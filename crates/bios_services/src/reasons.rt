//! Reasons why a service is refused, over numbers alone.
ghost use Rattle.std.specs.Prelude.{◌≡◌, ◌⊎◌, IfErr, Err};
ghost use Rattle.bios_services.specs.CallReasons.{refusal_of, refusal_of_outcome, IsWrongBlock};
ghost use Rattle.bios_services.specs.Reasons.{refuse_unless as refuse_unless_of};
ghost use Rattle.bios_services.specs.Reasons.{refuse_unless_graphics_mode as no_pixels_of, no_page as no_page_of};
ghost use Rattle.bios_services.specs.Reasons.{outside_cells as outside_cells_of};
ghost use Rattle.bios_services.specs.Reasons.{outside_page as outside_page_of};
ghost use Rattle.bios_services.specs.Reasons.{outside_pixels as outside_pixels_of};
ghost use Rattle.bios_services.specs.Reasons.{past_cells as past_cells_of};
ghost use Rattle.bios_services.specs.Reasons.{refuse_or_wrong_block as or_wrong_block_of};
ghost use Rattle.bios_services.specs.Cursor.{row_of_position, column_of_position};

use crate::call_reason::CallReason;
use bios_modes::is_text;

/// Refuses for a reason, unless the test holds.
#[inline(always)]
pub(crate) fn refuse_unless(holds: bool, why: CallReason) -> Result<(), CallReason>
    ensures refusal { refusal_of_outcome result ≡ refuse_unless_of holds (refusal_of why) }
    ensures reason { IfErr result (λ reason. reason ≡ why) }
{
    if holds { Ok(()) } else { Err(why) }
}

/// Refuses text, which has no pixels.
pub(crate) fn refuse_unless_graphics_mode(mode: u8) -> Result<(), CallReason>
    ensures refusal { refusal_of_outcome result ≡ no_pixels_of mode }
    ensures reason { IfErr result (λ reason. reason ≡ CallReason.NoPixels mode) }
{
    refuse_unless(!is_text(mode), CallReason::NoPixels { mode })
}

/// Refuses a page that the mode does not have.
pub(crate) fn no_page(pages: u8, page: u8) -> Result<(), CallReason>
    ensures refusal { refusal_of_outcome result ≡ no_page_of pages page }
    ensures reason { IfErr result (λ reason. reason ≡ CallReason.NoPage page pages) }
{
    refuse_unless(page < pages, CallReason::NoPage { page, pages })
}

/// Refuses a page whose cursor stands at a cell that it does not have.
pub(crate) fn outside_cells(cells: u32, page: u8, cell: u32) -> Result<(), CallReason>
    ensures refusal { refusal_of_outcome result ≡ outside_cells_of cells cell }
    ensures reason { IfErr result (λ reason. reason ≡ CallReason.CursorOutside page cell cells) }
{
    refuse_unless(
        cell < cells,
        CallReason::CursorOutside { page, cell, cells },
    )
}

/// Refuses a position at which the page has no cell.
pub(crate) fn outside_page(rows: u16, columns: u16, position: u16) -> Result<(), CallReason>
    ensures refusal { refusal_of_outcome result ≡ outside_page_of rows columns position }
    ensures reason { IfErr result (λ reason. reason ≡ CallReason.PositionOutside
        (row_of_position position) (column_of_position position) rows columns) }
{
    let row = (position / 256) as u8;
    let column = (position % 256) as u8;
    refuse_unless(
        (row as u16) < rows && (column as u16) < columns,
        CallReason::PositionOutside {
            row,
            column,
            rows,
            columns,
        },
    )
}

/// Refuses a pixel that the page does not have.
pub(crate) fn outside_pixels(width: u32, height: u32, x: u16, y: u16) -> Result<(), CallReason>
    ensures refusal { refusal_of_outcome result ≡ outside_pixels_of width height x y }
    ensures reason { IfErr result (λ reason. reason ≡ CallReason.PixelOutside x y width height) }
{
    refuse_unless(
        (x as u32) < width && (y as u32) < height,
        CallReason::PixelOutside {
            x,
            y,
            width,
            height,
        },
    )
}

/// Refuses cells that go past the end of the page.
pub(crate) fn past_cells(cells: u32, first: u32, count: u16) -> Result<(), CallReason>
    ensures refusal { refusal_of_outcome result ≡ past_cells_of cells first count }
    ensures reason { IfErr result (λ reason. reason ≡ CallReason.CellsPast count first cells) }
{
    refuse_unless(
        first as u64 + count as u64 <= cells as u64,
        CallReason::CellsPast {
            count,
            first,
            cells,
        },
    )
}

/// Refuses for another reason, if there is one, or else a block of another length than is read. A
/// call that reads no block may be given one of any length.
pub(crate) fn refuse_or_wrong_block(
    other: Result<(), CallReason>,
    size: Option<usize>,
    len: usize,
) -> Result<(), CallReason>
    ensures refusal { refusal_of_outcome result
        ≡ or_wrong_block_of (refusal_of_outcome other) size len }
    ensures reason { IfErr result (λ reason. (other ≡ Err reason)
        ⊎ IsWrongBlock size len reason) }
{
    other?;
    match size {
        Some(wanted) => refuse_unless(len == wanted, CallReason::WrongBlock { len, wanted }),
        None => Ok(()),
    }
}
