// The tool for the service desk: tells why a badge may call a floor or not, from a chip's bytes on standard input.
#![tactic(auto)]

ghost use Rattle.std.specs.Prelude.{◌≤◌, ◌≡◌, length, vec_capacity, vec_len, IfOk};

use std::alloc::{AllocError, Global};
use std::env::Env;
use std::io;
use std::io::Read;
use why_text::{Stream, tell_why};

// One byte more than a chip may have.
const CHIP_ROOM: usize = 492353;

fn main(rt: HostRuntime) -> io::Result<()> {
    let mut badge_room = [0u8; 16];
    let badge = argument(&rt, 1, &mut badge_room);
    let mut floor_room = [0u8; 16];
    let floor = argument(&rt, 2, &mut floor_room);
    let mut chip = chip_room(rt.alloc())?;
    rt.stdin().take(CHIP_ROOM as u64).read_to_end(&mut chip)?;
    let mut words = word_room();
    let mut out = [0u8; 512];
    let told = tell_why(badge, floor, &chip, &mut words, &mut out);
    let text = &out[..told.length];
    match told.stream {
        Stream::Output => rt.stdout().write_all(text),
        Stream::Error => rt.stderr().write_all(text),
    }
}

// An argument, which is put into the buffer: no bytes where there is none, or it is longer than the buffer.
fn argument<'a>(rt: &impl Env, number: usize, room: &'a mut [u8]) -> &'a [u8]
    ensures { length result.now ≤ length room.old }
{
    let n = rt.arg(number, room).unwrap_or(0);
    &room[..n]
}

// Room for a chip and one byte more, with no byte in it yet.
fn chip_room(alloc: Global) -> Result<Vec<u8>, AllocError>
    ensures { IfOk result (λ v. (492353 ≤ vec_capacity v) × (vec_len v ≡ 0)) }
{
    Vec::with_capacity(alloc, CHIP_ROOM)
}

fn word_room() -> [u32; 123088] {
    [0; 123088]
}
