//! What a replica does with an input, and what a world of replicas does with a move: definitions alone.
//!
//! - `errors` has the words that the definitions and the code above share: why a packet isn't opened, why an input is
//!   ignored, why a move is refused.
//! - `laws` states what follows; each law is the contract of a function that does nothing.
//!
//! The definitions are in `specs/`, to be read in this order. A replica: `Saying`, `Opening`, `ReplicaStates`, `Calls`,
//! `Packets`, `Bundles`, `Ticks`, `Steps`, `Courses`. A world: `Worlds`, `Speaking`, `Digested`, `Moves`, `Reached`,
//! `Reports`. What is to hold in it: `Held`, `Statements`, `Facts`, `Headline`. `Laws` has the statements that are proved.
//! docs/PROTOCOL.md tells the rules in prose; `pws_protocol` has those of the voter, which a replica calls.
//!
//! # The loop of use
//!
//! A replica (`ReplicaState`) is given one input at a time (`Input`): bytes from anybody, a packet that was opened for it,
//! or a tick of its clock. `step` gives its next state and what it puts out (`Output`), in order. Whoever runs it
//!
//! 1. sends each `Send` to the replicas of its group, or to the one that is named, as often and as late as it likes;
//! 2. shows `Executed`, `Acted` and `PassedOver` to whom they concern, or drops them;
//! 3. gives it a tick now and then. Nothing else makes a replica say again what was lost.
//!
//! The service isn't part of the state: it is a function from the events that took effect to its acts (`Serve`), and so
//! are the calls that wait, the replies that are kept and the counters of the voter.
//!
//! A world (`Setting`, `WorldState`) has all correct replicas and all that they sent. A move gives one input to one of
//! them; `refusal_of` says why it isn't allowed, if it isn't, and `moved` gives the next world. Who is compromised says
//! what it likes: its packets are bytes that a move gives.
//!
//! # Who says what, when it is kept, and what it brings about
//!
//! | Content | Said by | Kept | Brings about |
//! |---|---|---|---|
//! | REQ | a replica whose service called; again at each tick while the call waits | by the voter of the called group, as evidence | the request is proposed and executed; made again, once it took effect, it is answered again |
//! | REPLY | the responder, with the vouchers of others; any replica to whom REQ was made again | by the voter of the calling group, as evidence, with the body | the reply is proposed and executed |
//! | PART | each replica that isn't the responder, as its service replies | by the responder: the first of a sender, for numbers from `low_in` to `last + 16` | f others' parts and its own reply make the bundle |
//! | EXPIRED | each replica, at a tick that finds a call over, and at later ones while it waits | by the voters of its group, its own among them | the abort is proposed and executed |
//! | READING | each replica, at a tick that finds an ask, and at later ones while it waits | by the voters of its group, its own among them | clock readings or shares of a seed are proposed and executed |
//! | PRE_PREPARE, PREPARE, COMMIT, CHECKPOINT | voters | by voters of the group | events are executed in one order; the low mark rises |
//! | VIEW_CHANGE, ACK, NEW_VIEW, RELAY | voters | by voters of the group | a new view is entered |
//! | NEED, GIVE | a voter that lacks an event; one that has it | GIVE by the voter that lacks it | the event is held |
//! | FETCH | each voter at a tick, for its next place | never | DONE of that place, and at a multiple of 16 CHECKPOINT, to the asker, where the place is executed and whole |
//! | DONE | who is asked by FETCH | by the voter, for its next place | of `f + 1`: the event is executed |
//!
//! `opens` refuses what isn't for the replica, or isn't sealed by its sender. What isn't kept gives `PassedOver`.
//!
//! The one contract that the layers above rely on: the laws, and the definitions themselves, which their own contracts
//! cite. `IsBounded`, `KeptFacts` and `Headline` are statements that aren't proved yet.
#![tactic(auto)]

pub mod errors;
pub mod laws;

ghost use Rattle.pws_runs.specs.Reports.{report_of};
ghost use Rattle.pws_runs.specs.Reached.{run_of};
ghost use Rattle.pws_runs.specs.Held.{parts_held, answers_held, ReplicasAreBounded};
ghost use Rattle.pws_runs.specs.Statements.{is_in_range, occurs_in, is_backed_digest};
ghost use Rattle.pws_runs.specs.Headline.{WorldsAgree};
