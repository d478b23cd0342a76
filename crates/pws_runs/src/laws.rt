//! What follows from the definitions: each law is the contract of a function that does nothing.

ghost use Rattle.pws_runs.specs.Laws.{OpenedIsSaid, CallsAreOrdered, StepsAreCourses, EffectsStay, UnopenedChangesNothing, GivenIsSpoken, MovesChangeOne};

/// What is opened is said: the outer statement, and each voucher that verified.
pub fn opened_is_said()
    ensures { OpenedIsSaid }
{}

/// The keys of what a replica holds about calls are ordered.
pub fn calls_are_ordered()
    ensures { CallsAreOrdered }
{}

/// Each step of a replica is a course of phases.
pub fn steps_are_courses()
    ensures { StepsAreCourses }
{}

/// The effects with which a step ends are those of the list that it leaves, so that they may be carried along.
pub fn effects_stay()
    ensures { EffectsStay }
{}

/// An input that isn't opened changes nothing but that the service is started.
pub fn unopened_changes_nothing()
    ensures { UnopenedChangesNothing }
{}

/// What is said to a replica by bytes that a world doesn't refuse can be heard as their senders'.
pub fn given_is_spoken()
    ensures { GivenIsSpoken }
{}

/// A move changes one replica, and only adds to what was sent.
pub fn moves_change_one()
    ensures { MovesChangeOne }
{}
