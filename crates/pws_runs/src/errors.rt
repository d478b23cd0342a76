//! Why packets aren't opened, inputs aren't kept, and moves are refused.

use pws_msg::errors::PacketError;

/// Why a packet isn't opened; where several reasons hold, the first.
#[derive(Clone, Copy, Debug, PartialEq, Eq)]
pub enum OpenError {
    /// The bytes spell no packet.
    Packet(PacketError),
    /// The sender is no replica, the receiver isn't this group, the tags aren't as many as its replicas, or the sender's
    /// group doesn't say such a thing.
    Unknown,
    /// The sender is the replica itself.
    Own,
    /// The tag for this replica isn't the sender's.
    Tag,
    /// The body hasn't the digest that the statement tells.
    Body,
}

/// Why an input changed nothing.
#[derive(Clone, Copy, Debug, PartialEq, Eq)]
pub enum Ignored {
    /// The packet wasn't opened.
    Unopened(OpenError),
    /// It isn't among what is kept.
    Outside,
    /// Another such statement of that sender is kept.
    Already,
}

/// Why a move of a world is refused; where several reasons hold, the first.
#[derive(Clone, Copy, Debug, PartialEq, Eq)]
pub enum StepError {
    /// The receiver is no correct replica.
    NoReplica,
    /// No packet of this number was sent.
    NoPacket,
    /// The input says something as a correct replica that this one never said to the receiver's group.
    Forged,
    /// Two different texts of the world after the move have one digest.
    Collision,
    /// What was sent and digested would pass 512 MiB.
    PoolFull,
}
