//! Orphan pages are released: their bits in the page inventory are cleared, so that the next page
//! that is taken may be one of them.
//!
//! Owns: the deed (`release_orphans`) on the pages of a file in memory, and what it leaves: the bits
//! of these pages cleared, each other bit, each other page and the front of each page inventory page
//! as they were. It goes once over the findings, and takes no memory.
//!
//! Invariant: none, it keeps no state.
//! Below: `mg_orphans`, for what an orphan page is; `mg_pip`, for the bits of a page inventory page;
//! `mg_image`, for which of them has the bit of a page. Above: nobody yet; the command that writes
//! the pages that changed.
//! Not here: which pages are reached, that an image stays sound, and how pages come to a disk.
#![tactic(auto)]

mod laws;
mod releasing;

pub use laws::released_pages_are_orphans;
pub use releasing::release_orphans;
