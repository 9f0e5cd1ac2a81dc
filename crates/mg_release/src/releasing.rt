//! The bits of orphan pages are cleared.

ghost use Rattle.std.specs.Prelude.{◌≡◌, ◌==◌, ◌<◌, false, length};
ghost use Rattle.mg_base.specs.Geometry.{is_page_size};
ghost use Rattle.mg_base.specs.declared.geometry.TheConstants.{GREATEST_LIMIT};
ghost use Rattle.mg_check_inventory.specs.ImagePages.{IsWholeImage};
ghost use Rattle.mg_pip.specs.PipPage.{SetsUsed, bits as bits_in};
ghost use Rattle.mg_release.specs.Releasing.{AreOrphans, Releases, bit_page as page_with_bit, is_page_of};
ghost use Rattle.std.specs.Prelude.{true};

use mg_base::Bytes;
use mg_findings::Finding;
use mg_pip::{BITS_AT, set_used};
use std::alloc::Global;
use std::mem::replace;

/// How many bits a page inventory page of this size has, in bytes.
fn bits_of(size: u32) -> u32
    requires { is_page_size size ≡ true }
    ensures bits { result ≡ bits_in size }
    ensures some { 0 < result }
{
    8 * (size - BITS_AT as u32)
}

/// The page inventory page that has the bit of a page.
fn bit_page(size: u32, n: u32) -> u32
    requires lawful { is_page_size size ≡ true }
    requires below { n < GREATEST_LIMIT }
    ensures { result ≡ page_with_bit size n }
{
    let bits = bits_of(size);
    n / bits * bits + 1
}

/// Clears a bit of a page inventory page.
fn clear_bit(alloc: Global, page: &mut Bytes, bit: u32)
    requires { bit < bits_in (length page.old) }
    ensures { SetsUsed page.old page.new bit false }
{
    // The page is taken out while it changes: an empty list takes no memory.
    let mut bytes = replace(page, Bytes::new(Vec::new(alloc))).into_vec();
    set_used(&mut bytes, bit, false);
    *page = Bytes::new(bytes);
}

/// Clears the bit of a page of an image, of which these are the pages.
fn release_page(alloc: Global, size: u32, pages: &mut [Bytes], n: u32)
    requires image { IsWholeImage size pages.old }
    requires below { n < GREATEST_LIMIT }
    requires there { page_with_bit size n < length pages.old }
    ensures { Releases size pages.old pages.new (λ m. m == n) }
{
    let at = bit_page(size, n) as usize;
    let bit = n % bits_of(size);
    clear_bit(alloc, &mut pages[at], bit);
}

/// Clears the bits of all orphan pages of an image, of which these are the pages.
///
/// `size` is the page size in bytes, `found` the list of what is found of orphan pages.
pub fn release_orphans(alloc: Global, size: u32, pages: &mut [Bytes], found: &[Finding])
    requires image { IsWholeImage size pages.old }
    requires found { AreOrphans size pages.old found.now }
    ensures { Releases size pages.old pages.new (is_page_of found.now) }
{
    let mut rest = found;
    while let Some((finding, later)) = rest.split_first() {
        release_page(alloc, size, pages, finding.page.0);
        rest = later;
    }
}
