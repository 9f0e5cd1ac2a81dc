//! What holds of pages that are released. The function does nothing: its contract is the law.

ghost use Rattle.mg_release.specs.Releasing.{OrphanLaw};

/// The pages of a list of orphan pages are those that are marked as used and that nothing reaches.
pub fn released_pages_are_orphans()
    ensures { OrphanLaw }
{}
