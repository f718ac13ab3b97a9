// The report record of a job (01, 'Records'): 32 bytes, written and read back.
#![tactic(auto)]

ghost use Rattle.std.specs.Prelude.{◌≡◌, length};
ghost use Rattle.refusals.specs.Told.{left_by};
ghost use Rattle.group.specs.Mean.{mean_of};
ghost use Rattle.report.specs.Record.{list_of, fields_of, bytes_of_report};
ghost use Rattle.report.specs.Judged.{factors_ok, job_ok, report_ok, write_of, read_of};
ghost use Rattle.refusals.specs.Answered.{told};

use refusals::Refusal;

// Five consecutive run factors, each in 0.0001: five fields and no array, since the theorems of promises name them.
#[derive(Clone, Copy)]
pub struct Factors {
    pub one: u16,
    pub two: u16,
    pub three: u16,
    pub four: u16,
    pub five: u16,
}

#[derive(Clone, Copy)]
pub struct Report {
    // request number
    pub number: u32,
    // job factor, in 0.0001
    pub factor: u16,
    // first run used, from 1
    pub first: u8,
    // runs in job
    pub runs: u8,
    pub factors: Factors,
}

// Writes the report of a job into the lent buffer: its factor is the mean of the five, rounded.
pub fn write(
    number: u32,
    runs: u8,
    first: u8,
    factors: Factors,
    buffer: &mut [u8],
) -> Result<Report, Refusal>
    ensures answer { told result ≡ write_of (length buffer.old) number runs first factors }
    ensures left { buffer.new ≡ left_by (write_of (length buffer.old) number runs first factors) bytes_of_report buffer.old }
{
    refusals::demand(buffer.len() == 32, Refusal::ReportBuffer)?;
    refusals::demand(number != 0, Refusal::NumberZero)?;
    refusals::demand(is_job(runs, first, factors), Refusal::NotReport)?;
    let report = Report {
        number,
        factor: mean(factors),
        first,
        runs,
        factors,
    };
    buffer.copy_from_slice(&lay_out(report));
    Ok(report)
}

// Reads a report back from its bytes.
pub fn read(bytes: &[u8]) -> Result<Report, Refusal>
    ensures { told result ≡ read_of bytes.now }
{
    refusals::demand(bytes.len() == 32, Refusal::ReportBuffer)?;
    let report = decode(bytes);
    refusals::demand(
        is_report(report) & octets::are_zero(bytes, 18, 32),
        Refusal::NotReport,
    )?;
    Ok(report)
}

// 01, 'Records': where each field stands.
fn decode(s: &[u8]) -> Report
    ensures { result ≡ fields_of s.now }
{
    let factors = Factors {
        one: octets::word_at(s, 8),
        two: octets::word_at(s, 10),
        three: octets::word_at(s, 12),
        four: octets::word_at(s, 14),
        five: octets::word_at(s, 16),
    };
    Report {
        number: octets::long_at(s, 0),
        factor: octets::word_at(s, 4),
        first: octets::byte_at(s, 6),
        runs: octets::byte_at(s, 7),
        factors,
    }
}

// 01, 'Records': the same places; bytes not named are zero. Copying each number to its place would be no plainer: here each byte is seen.
fn lay_out(r: Report) -> [u8; 32]
    ensures { result ≡ bytes_of_report r }
{
    let number = octets::long_bytes(r.number);
    let factor = octets::word_bytes(r.factor);
    let f = r.factors;
    let one = octets::word_bytes(f.one);
    let two = octets::word_bytes(f.two);
    let three = octets::word_bytes(f.three);
    let four = octets::word_bytes(f.four);
    let five = octets::word_bytes(f.five);
    [
        number[0], number[1], number[2], number[3], factor[0], factor[1], r.first, r.runs, one[0],
        one[1], two[0], two[1], three[0], three[1], four[0], four[1], five[0], five[1], 0, 0, 0, 0,
        0, 0, 0, 0, 0, 0, 0, 0, 0, 0,
    ]
}

// The five in their order.
fn list(f: Factors) -> [u64; 5]
    ensures { result ≡ list_of f }
{
    [
        f.one as u64,
        f.two as u64,
        f.three as u64,
        f.four as u64,
        f.five as u64,
    ]
}

// The mean of the five, rounded.
fn mean(f: Factors) -> u16
    ensures { result ≡ mean_of (list_of f) }
{
    group::mean(&list(f)) as u16
}

fn are_factors(f: Factors) -> bool
    ensures { result ≡ factors_ok (list_of f) }
{
    list(f).iter().all(|&factor| ranges::is_run_factor(factor))
}

// What the writer and the reader both judge: runs, first run and factors.
fn is_job(runs: u8, first: u8, factors: Factors) -> bool
    ensures { result ≡ job_ok runs first (list_of factors) }
{
    let last = first as u16 + 4;
    ranges::are_runs(runs as u64) & (((1 <= first) & (last <= runs as u16)) & are_factors(factors))
}

fn is_report(r: Report) -> bool
    ensures { result ≡ report_ok r }
{
    let factors = r.factors;
    (r.number != 0) & (is_job(r.runs, r.first, factors) & (r.factor == mean(factors)))
}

▶ [Exercise objective]: From the entries above, work out the number of lines containing the string "PassedOver" and give that number by itself.

▶ [Exercise answer]: 2